> **Work instruction**: How many of the lines below hold the word "flaw"? Answer only with the number.

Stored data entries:

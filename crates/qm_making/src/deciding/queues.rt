// Queues are made, set, started, stopped and deleted: what is decided.
ghost use Rattle.std.specs.Prelude.{◌≡◌, ℕ};
ghost use Rattle.qm_kinds.specs.declared.request.Request.TheVariants as request;
ghost use Rattle.qm_model.specs.Queues.{initialize_refusal, set_queue_refusal, delete_queue_refusal};
ghost use Rattle.qm_image.specs.Deciding.{Prepares, PreparesAt, TakesAt};
ghost use Rattle.qm_image.specs.Image.{system_of};

use qm_image::{Change, Image, Refused};
use qm_kinds::{Name, NewQueue, QueueChange, QueueState, Refusal, StopMode};
use qm_rules::{QueueNamed, new_queue, refused_by_queue, settings_of};
use std::alloc::AllocError;

// Why INITIALIZE/QUEUE is refused, if it is.
#[tactic(auto, unfolding(qm_image::specs::Image::system_of))]
fn initialize_refusal(image: &Image, new: &NewQueue) -> Option<Refusal>
    ensures { result ≡ initialize_refusal (system_of image.now) new.now }
{
    qm_rules::initialize_refusal(
        image.parts.nodes(),
        image.parts.form_table(),
        image.parts.queue_table(),
        new,
    )
}

// Takes the memory for a queue.
#[tactic(auto, unfolding(qm_image::specs::Image::system_of))]
fn take_queue<'a>(image: &mut Image, node: &Name, new: &NewQueue) -> Result<Change<'a>, AllocError>
    ensures { (at : ℕ) → TakesAt at node.now (request.InitializeQueue new.now) image.old image.new result }
{
    let queue = new_queue(image.alloc, image.parts.form_table(), node, new)?;
    image.parts.reserve_queue(&queue)?;
    Ok(Change::PutQueue { queue })
}

/// Decides on a queue that is made, and takes the memory for it.
#[inline(never)]
pub fn prepare_initialize<'a>(
    image: &mut Image,
    node: &Name,
    new: &NewQueue,
) -> Result<Change<'a>, Refused>
    ensures { (at : ℕ) → PreparesAt at node.now (request.InitializeQueue new.now) image.old image.new result }
{
    if let Some(refusal) = initialize_refusal(image, new) {
        return Err(Refused::By(refusal));
    }
    match take_queue(image, node, new) {
        Ok(change) => Ok(change),
        Err(AllocError) => Err(Refused::NoMemory),
    }
}

// Why SET QUEUE or START/QUEUE is refused, if it is.
#[tactic(auto, unfolding(qm_image::specs::Image::system_of))]
fn set_queue_refusal(image: &Image, name: &Name, change: &QueueChange) -> Option<Refusal>
    ensures { result ≡ set_queue_refusal (system_of image.now) name.now change.now }
{
    qm_rules::set_queue_refusal(
        image.parts.form_table(),
        image.parts.queue_table(),
        name,
        change,
    )
}

/// Decides on settings for a queue.
#[tactic(auto, unfolding(qm_image::specs::Image::system_of))]
#[inline(never)]
pub fn prepare_set<'a>(
    image: &Image,
    name: &Name,
    change: &QueueChange,
) -> Result<Change<'a>, Refused>
    ensures { Prepares (request.SetQueue name.now change.now) image.now image.now result }
{
    if let Some(refusal) = set_queue_refusal(image, name, change) {
        return Err(Refused::By(refusal));
    }
    Ok(Change::SetQueue {
        name: *name,
        settings: settings_of(image.parts.form_table(), change),
        state: None,
    })
}

/// Decides on settings for a queue that is started.
#[tactic(auto, unfolding(qm_image::specs::Image::system_of))]
#[inline(never)]
pub fn prepare_start<'a>(
    image: &Image,
    name: &Name,
    change: &QueueChange,
) -> Result<Change<'a>, Refused>
    ensures { Prepares (request.StartQueue name.now change.now) image.now image.now result }
{
    if let Some(refusal) = set_queue_refusal(image, name, change) {
        return Err(Refused::By(refusal));
    }
    Ok(Change::SetQueue {
        name: *name,
        settings: settings_of(image.parts.form_table(), change),
        state: Some(QueueState::Started),
    })
}

/// Decides on how a queue is stopped.
#[tactic(auto, unfolding(qm_image::specs::Image::system_of))]
#[inline(never)]
pub fn prepare_stop<'a>(image: &Image, name: &Name, how: StopMode) -> Result<Change<'a>, Refused>
    ensures { Prepares (request.StopQueue name.now how) image.now image.now result }
{
    if image.parts.queue(name).is_none() {
        return Err(Refused::By(Refusal::NoSuchQueue { name: *name }));
    }
    Ok(Change::StopQueue { name: *name, how })
}

// Why DELETE/QUEUE is refused, if it is.
#[tactic(auto, unfolding(qm_image::specs::Image::system_of))]
fn delete_queue_refusal(image: &Image, name: &Name) -> Option<Refusal>
    ensures { result ≡ delete_queue_refusal (system_of image.now) name.now }
{
    qm_rules::delete_queue_refusal(
        image.parts.queue_table(),
        name,
        refused_by_queue(image.parts.queues(), &QueueNamed::Target(name)),
        image.parts.first_run_for(name),
    )
}

/// Decides on a queue that is deleted.
#[tactic(auto, unfolding(qm_image::specs::Image::system_of))]
#[inline(never)]
pub fn prepare_delete_queue<'a>(image: &Image, name: &Name) -> Result<Change<'a>, Refused>
    ensures { Prepares (request.DeleteQueue name.now) image.now image.now result }
{
    if let Some(refusal) = delete_queue_refusal(image, name) {
        return Err(Refused::By(refusal));
    }
    Ok(Change::RemoveQueue { name: *name })
}
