// Templates under each host with the verdicts that the rules give them, worked out by hand.
#![tactic(auto)]

mod cases;

use cases::{CSV_CASES, Case, Holes, SHELL_CASES, SQL_CASES};
use casework::refusal::Refusal;
use casework::tally::Tally;
use fault::Fault;
use template::check::{check, survey};
use template::raw::Raw;

// Whether `check` and `survey` say of a case's template what is expected.
fn stands(case: &Case, template: &[u8]) -> bool {
    let checked = check(Raw::new(template), &case.under);
    let surveyed = survey(template, &case.under);
    match (case.verdict, checked, surveyed) {
        (Ok(Holes { count, body }), Ok(checked), Ok(survey)) => {
            let bodies = survey.bodies();
            checked.holes() == count
                && bodies.len() == count
                && bodies.iter().all(|found| *found == body)
        }
        (Err(refusal), Err(fault), Err(flaw)) => {
            Refusal::from(fault) == refusal && Refusal::from(Fault::from(flaw)) == refusal
        }
        _ => false,
    }
}

fn main(rt: HostRuntime) -> anyhow::Result<()> {
    let mut tally = Tally::new();
    for case in SQL_CASES.iter().chain(&SHELL_CASES).chain(&CSV_CASES) {
        let mut template = case.row.repeat(rt.alloc(), case.times)?;
        template.extend_from_slice(case.rest)?;
        tally.tell(&rt, case.name, stands(case, template.as_slice()))?;
    }
    tally.finish(&rt, "cases", "a verdict is wrong")
}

> **Answer**: 2